Exercise goal:
The records below should be written out again, exactly.

Data excerpts:
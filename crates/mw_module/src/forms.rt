// The forms of statements.
ghost use Rattle.std.specs.Prelude.{◌≡◌, IfOk};
ghost use Rattle.mw_module.specs.Forms as forms;

use crate::attribute::Attributes;
use crate::classes::{ClassAttribute, class_form};
use crate::conditions::WrittenFragment;
use crate::faults::FaultKind;
use crate::kinds::Kind;
use crate::machine::{first_token, lists_of, read};
use crate::openings::{Opening, opening_of};
use crate::operators::{Asked, operators_form};
use crate::sortings::WrittenSort;
use crate::statements::statement_form;
use crate::table::{Place, Read, Role, Want, Wrong, told};
use crate::word::{Word, lists_of_words, words_of};
use crate::words::{count_before, is_word, tokens_from};
use mw_lex::Token;
use mw_term::Seq;
use std::alloc::{AllocError, Global};

/// A statement by its form, with its parts.
#[derive(Drop)]
pub enum Form<'s> {
    /// Sorts that are declared, at least one.
    Sorts {
        names: Seq<Word<'s>>,
    },
    /// Two groups of sorts or more, none empty: each sort of a group is below each of the next.
    Subsorts {
        groups: Seq<Seq<Word<'s>>>,
    },
    /// Operators that are declared, at least one, each by the words of its name, with these argument sorts, this
    /// value's sort and these attributes.
    Operators {
        names: Seq<Seq<Word<'s>>>,
        args: Vec<WrittenSort<'s>>,
        result: WrittenSort<'s>,
        attributes: Attributes<'s>,
    },
    /// Variables that are declared, at least one.
    Variables {
        names: Seq<Word<'s>>,
        sort: Word<'s>,
    },
    /// The two sides of an equation, or of a rule, each of which may be empty, and the fragments of its condition: none
    /// where it has no condition.
    Statement {
        rule: bool,
        left: &'s [Token],
        right: &'s [Token],
        fragments: Vec<WrittenFragment<'s>>,
        executable: bool,
    },
    /// A module that is imported, by its name.
    Import {
        module: Word<'s>,
    },
    /// A class with its attributes. What it declares stands in forms of their own.
    Class {
        name: Word<'s>,
        attributes: Seq<ClassAttribute<'s>>,
    },
}

// Names of sorts.
fn sorts_form<'s>(alloc: Global, names: &'s [Token]) -> Read<Form<'s>>
    ensures { IfOk result (λ r. forms.seen_shaped r ≡ forms.sorts_form names.now) }
{
    if names.is_empty() {
        return Ok(Err(Wrong::Bad));
    }
    match read(alloc, Place::Sorts, Role::Silent, Want::Nothing, names)? {
        Ok(_) => {
            let names = words_of(alloc, names)?;
            Ok(Ok(Form::Sorts { names }))
        }
        Err(wrong) => Ok(Err(wrong)),
    }
}

// Groups of sorts, divided by one `<` at least.
fn subsorts_form<'s>(alloc: Global, tokens: &'s [Token]) -> Read<Form<'s>>
    ensures { IfOk result (λ r. forms.seen_shaped r ≡ forms.subsorts_form tokens.now) }
{
    let parts = match read(alloc, Place::Group, Role::Words, Want::Nothing, tokens)? {
        Ok(parts) => parts,
        Err(wrong) => return Ok(Err(wrong)),
    };
    if parts.len() < 2 {
        return Ok(Err(Wrong::Bad));
    }
    let groups = lists_of(alloc, tokens, parts.as_slice())?;
    let groups = lists_of_words(alloc, groups.as_slice())?;
    Ok(Ok(Form::Subsorts { groups }))
}

// Names of variables, and what stands behind the colon: a sort and nothing more.
fn typed_names<'s>(alloc: Global, names: &'s [Token], tokens: &'s [Token]) -> Read<Form<'s>>
    ensures { IfOk result (λ r. forms.seen_shaped r ≡ forms.typed_names names.now tokens.now) }
{
    if names.is_empty() {
        return Ok(Err(Wrong::Bad));
    }
    if let Err(wrong) = read(alloc, Place::Variables, Role::Silent, Want::Nothing, names)? {
        return Ok(Err(wrong));
    }
    let parts = match read(alloc, Place::Sort, Role::Silent, Want::Nothing, tokens)? {
        Ok(parts) => parts,
        Err(wrong) => return Ok(Err(wrong)),
    };
    let names = words_of(alloc, names)?;
    match first_token(tokens, parts.as_slice()) {
        Some(sort) => {
            let sort = Word::lent(sort.text.as_slice());
            Ok(Ok(Form::Variables { names, sort }))
        }
        None => Ok(Err(Wrong::Bad)),
    }
}

// Names of variables, a colon and a sort.
fn variables_form<'s>(alloc: Global, tokens: &'s [Token]) -> Read<Form<'s>>
    ensures { IfOk result (λ r. forms.seen_shaped r ≡ forms.variables_form tokens.now) }
{
    let colon = count_before(tokens, b":");
    if colon == tokens.len() {
        return Ok(Err(Wrong::Bad));
    }
    typed_names(alloc, &tokens[..colon], tokens_from(tokens, colon + 1))
}

// The name of a module and nothing more.
fn import_form<'s>(tokens: &'s [Token]) -> Result<Form<'s>, Wrong>
    ensures { forms.seen_shaped result ≡ forms.import_form tokens.now }
{
    match tokens {
        [] => Err(Wrong::Bad),
        [module] if !is_word(module, b"{") => {
            let module = Word::lent(module.text.as_slice());
            Ok(Form::Import { module })
        }
        _ => Err(Wrong::Unread),
    }
}

// One operator, or several, which may be messages.
fn asked(single: bool, message: bool) -> Asked
    ensures { result ≡ forms.asked single message }
{
    Asked { single, message }
}

// What stands behind the first word of a statement.
fn form_behind<'s>(alloc: Global, opening: Opening, tokens: &'s [Token]) -> Read<Form<'s>>
    ensures { IfOk result (λ r. forms.seen_shaped r ≡ forms.form_behind opening tokens.now) }
{
    match opening {
        Opening::Sorts => sorts_form(alloc, tokens),
        Opening::Subsorts => subsorts_form(alloc, tokens),
        Opening::Operator => operators_form(alloc, asked(true, false), tokens),
        Opening::Operators => operators_form(alloc, asked(false, false), tokens),
        Opening::Variables => variables_form(alloc, tokens),
        Opening::Equation => statement_form(alloc, false, false, tokens),
        Opening::ConditionalEquation => statement_form(alloc, false, true, tokens),
        Opening::Rule => statement_form(alloc, true, false, tokens),
        Opening::ConditionalRule => statement_form(alloc, true, true, tokens),
        Opening::Import => Ok(import_form(tokens)),
        Opening::Class => class_form(alloc, tokens),
        Opening::Message => operators_form(alloc, asked(true, true), tokens),
        Opening::Messages => operators_form(alloc, asked(false, true), tokens),
        Opening::Elsewhere => Ok(Err(Wrong::Bad)),
        Opening::Unread => Ok(Err(Wrong::Unread)),
    }
}

impl<'s> Form<'s> {
    /// The form of a statement of a module of this kind, or what is wrong with it: `NotInProfile` or `BadStatement`. The
    /// full stop that ends the statement isn't among the tokens.
    pub fn of(
        alloc: Global,
        kind: Kind,
        statement: &'s [Token],
    ) -> Result<Result<Form<'s>, FaultKind>, AllocError>
        ensures { IfOk result (λ r. forms.seen_formed r ≡ forms.form_of kind statement.now) }
    {
        let [word, rest @ ..] = statement else {
            return Ok(Err(FaultKind::NotInProfile));
        };
        Ok(form_behind(alloc, opening_of(kind, word.text.as_slice()), rest)?.map_err(told))
    }
}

Expected answer:
filename crates/mw_module/src/forms.rt
// The forms of statements.
ghost use Rattle.std.specs.Prelude.{◌≡◌, IfOk};
ghost use Rattle.mw_module.specs.Forms as forms;

use crate::attribute::Attributes;
use crate::classes::{ClassAttribute, class_form};
use crate::conditions::WrittenFragment;
use crate::faults::FaultKind;
use crate::kinds::Kind;
use crate::machine::{first_token, lists_of, read};
use crate::openings::{Opening, opening_of};
use crate::operators::{Asked, operators_form};
use crate::sortings::WrittenSort;
use crate::statements::statement_form;
use crate::table::{Place, Read, Role, Want, Wrong, told};
use crate::word::{Word, lists_of_words, words_of};
use crate::words::{count_before, is_word, tokens_from};
use mw_lex::Token;
use mw_term::Seq;
use std::alloc::{AllocError, Global};

/// A statement by its form, with its parts.
#[derive(Drop)]
pub enum Form<'s> {
    /// Sorts that are declared, at least one.
    Sorts {
        names: Seq<Word<'s>>,
    },
    /// Two groups of sorts or more, none empty: each sort of a group is below each of the next.
    Subsorts {
        groups: Seq<Seq<Word<'s>>>,
    },
    /// Operators that are declared, at least one, each by the words of its name, with these argument sorts, this
    /// value's sort and these attributes.
    Operators {
        names: Seq<Seq<Word<'s>>>,
        args: Vec<WrittenSort<'s>>,
        result: WrittenSort<'s>,
        attributes: Attributes<'s>,
    },
    /// Variables that are declared, at least one.
    Variables {
        names: Seq<Word<'s>>,
        sort: Word<'s>,
    },
    /// The two sides of an equation, or of a rule, each of which may be empty, and the fragments of its condition: none
    /// where it has no condition.
    Statement {
        rule: bool,
        left: &'s [Token],
        right: &'s [Token],
        fragments: Vec<WrittenFragment<'s>>,
        executable: bool,
    },
    /// A module that is imported, by its name.
    Import {
        module: Word<'s>,
    },
    /// A class with its attributes. What it declares stands in forms of their own.
    Class {
        name: Word<'s>,
        attributes: Seq<ClassAttribute<'s>>,
    },
}

// Names of sorts.
fn sorts_form<'s>(alloc: Global, names: &'s [Token]) -> Read<Form<'s>>
    ensures { IfOk result (λ r. forms.seen_shaped r ≡ forms.sorts_form names.now) }
{
    if names.is_empty() {
        return Ok(Err(Wrong::Bad));
    }
    match read(alloc, Place::Sorts, Role::Silent, Want::Nothing, names)? {
        Ok(_) => {
            let names = words_of(alloc, names)?;
            Ok(Ok(Form::Sorts { names }))
        }
        Err(wrong) => Ok(Err(wrong)),
    }
}

// Groups of sorts, divided by one `<` at least.
fn subsorts_form<'s>(alloc: Global, tokens: &'s [Token]) -> Read<Form<'s>>
    ensures { IfOk result (λ r. forms.seen_shaped r ≡ forms.subsorts_form tokens.now) }
{
    let parts = match read(alloc, Place::Group, Role::Words, Want::Nothing, tokens)? {
        Ok(parts) => parts,
        Err(wrong) => return Ok(Err(wrong)),
    };
    if parts.len() < 2 {
        return Ok(Err(Wrong::Bad));
    }
    let groups = lists_of(alloc, tokens, parts.as_slice())?;
    let groups = lists_of_words(alloc, groups.as_slice())?;
    Ok(Ok(Form::Subsorts { groups }))
}

// Names of variables, and what stands behind the colon: a sort and nothing more.
fn typed_names<'s>(alloc: Global, names: &'s [Token], tokens: &'s [Token]) -> Read<Form<'s>>
    ensures { IfOk result (λ r. forms.seen_shaped r ≡ forms.typed_names names.now tokens.now) }
{
    if names.is_empty() {
        return Ok(Err(Wrong::Bad));
    }
    if let Err(wrong) = read(alloc, Place::Variables, Role::Silent, Want::Nothing, names)? {
        return Ok(Err(wrong));
    }
    let parts = match read(alloc, Place::Sort, Role::Silent, Want::Nothing, tokens)? {
        Ok(parts) => parts,
        Err(wrong) => return Ok(Err(wrong)),
    };
    let names = words_of(alloc, names)?;
    match first_token(tokens, parts.as_slice()) {
        Some(sort) => {
            let sort = Word::lent(sort.text.as_slice());
            Ok(Ok(Form::Variables { names, sort }))
        }
        None => Ok(Err(Wrong::Bad)),
    }
}

// Names of variables, a colon and a sort.
fn variables_form<'s>(alloc: Global, tokens: &'s [Token]) -> Read<Form<'s>>
    ensures { IfOk result (λ r. forms.seen_shaped r ≡ forms.variables_form tokens.now) }
{
    let colon = count_before(tokens, b":");
    if colon == tokens.len() {
        return Ok(Err(Wrong::Bad));
    }
    typed_names(alloc, &tokens[..colon], tokens_from(tokens, colon + 1))
}

// The name of a module and nothing more.
fn import_form<'s>(tokens: &'s [Token]) -> Result<Form<'s>, Wrong>
    ensures { forms.seen_shaped result ≡ forms.import_form tokens.now }
{
    match tokens {
        [] => Err(Wrong::Bad),
        [module] if !is_word(module, b"{") => {
            let module = Word::lent(module.text.as_slice());
            Ok(Form::Import { module })
        }
        _ => Err(Wrong::Unread),
    }
}

// One operator, or several, which may be messages.
fn asked(single: bool, message: bool) -> Asked
    ensures { result ≡ forms.asked single message }
{
    Asked { single, message }
}

// What stands behind the first word of a statement.
fn form_behind<'s>(alloc: Global, opening: Opening, tokens: &'s [Token]) -> Read<Form<'s>>
    ensures { IfOk result (λ r. forms.seen_shaped r ≡ forms.form_behind opening tokens.now) }
{
    match opening {
        Opening::Sorts => sorts_form(alloc, tokens),
        Opening::Subsorts => subsorts_form(alloc, tokens),
        Opening::Operator => operators_form(alloc, asked(true, false), tokens),
        Opening::Operators => operators_form(alloc, asked(false, false), tokens),
        Opening::Variables => variables_form(alloc, tokens),
        Opening::Equation => statement_form(alloc, false, false, tokens),
        Opening::ConditionalEquation => statement_form(alloc, false, true, tokens),
        Opening::Rule => statement_form(alloc, true, false, tokens),
        Opening::ConditionalRule => statement_form(alloc, true, true, tokens),
        Opening::Import => Ok(import_form(tokens)),
        Opening::Class => class_form(alloc, tokens),
        Opening::Message => operators_form(alloc, asked(true, true), tokens),
        Opening::Messages => operators_form(alloc, asked(false, true), tokens),
        Opening::Elsewhere => Ok(Err(Wrong::Bad)),
        Opening::Unread => Ok(Err(Wrong::Unread)),
    }
}

impl<'s> Form<'s> {
    /// The form of a statement of a module of this kind, or what is wrong with it: `NotInProfile` or `BadStatement`. The
    /// full stop that ends the statement isn't among the tokens.
    pub fn of(
        alloc: Global,
        kind: Kind,
        statement: &'s [Token],
    ) -> Result<Result<Form<'s>, FaultKind>, AllocError>
        ensures { IfOk result (λ r. forms.seen_formed r ≡ forms.form_of kind statement.now) }
    {
        let [word, rest @ ..] = statement else {
            return Ok(Err(FaultKind::NotInProfile));
        };
        Ok(form_behind(alloc, opening_of(kind, word.text.as_slice()), rest)?.map_err(told))
    }
}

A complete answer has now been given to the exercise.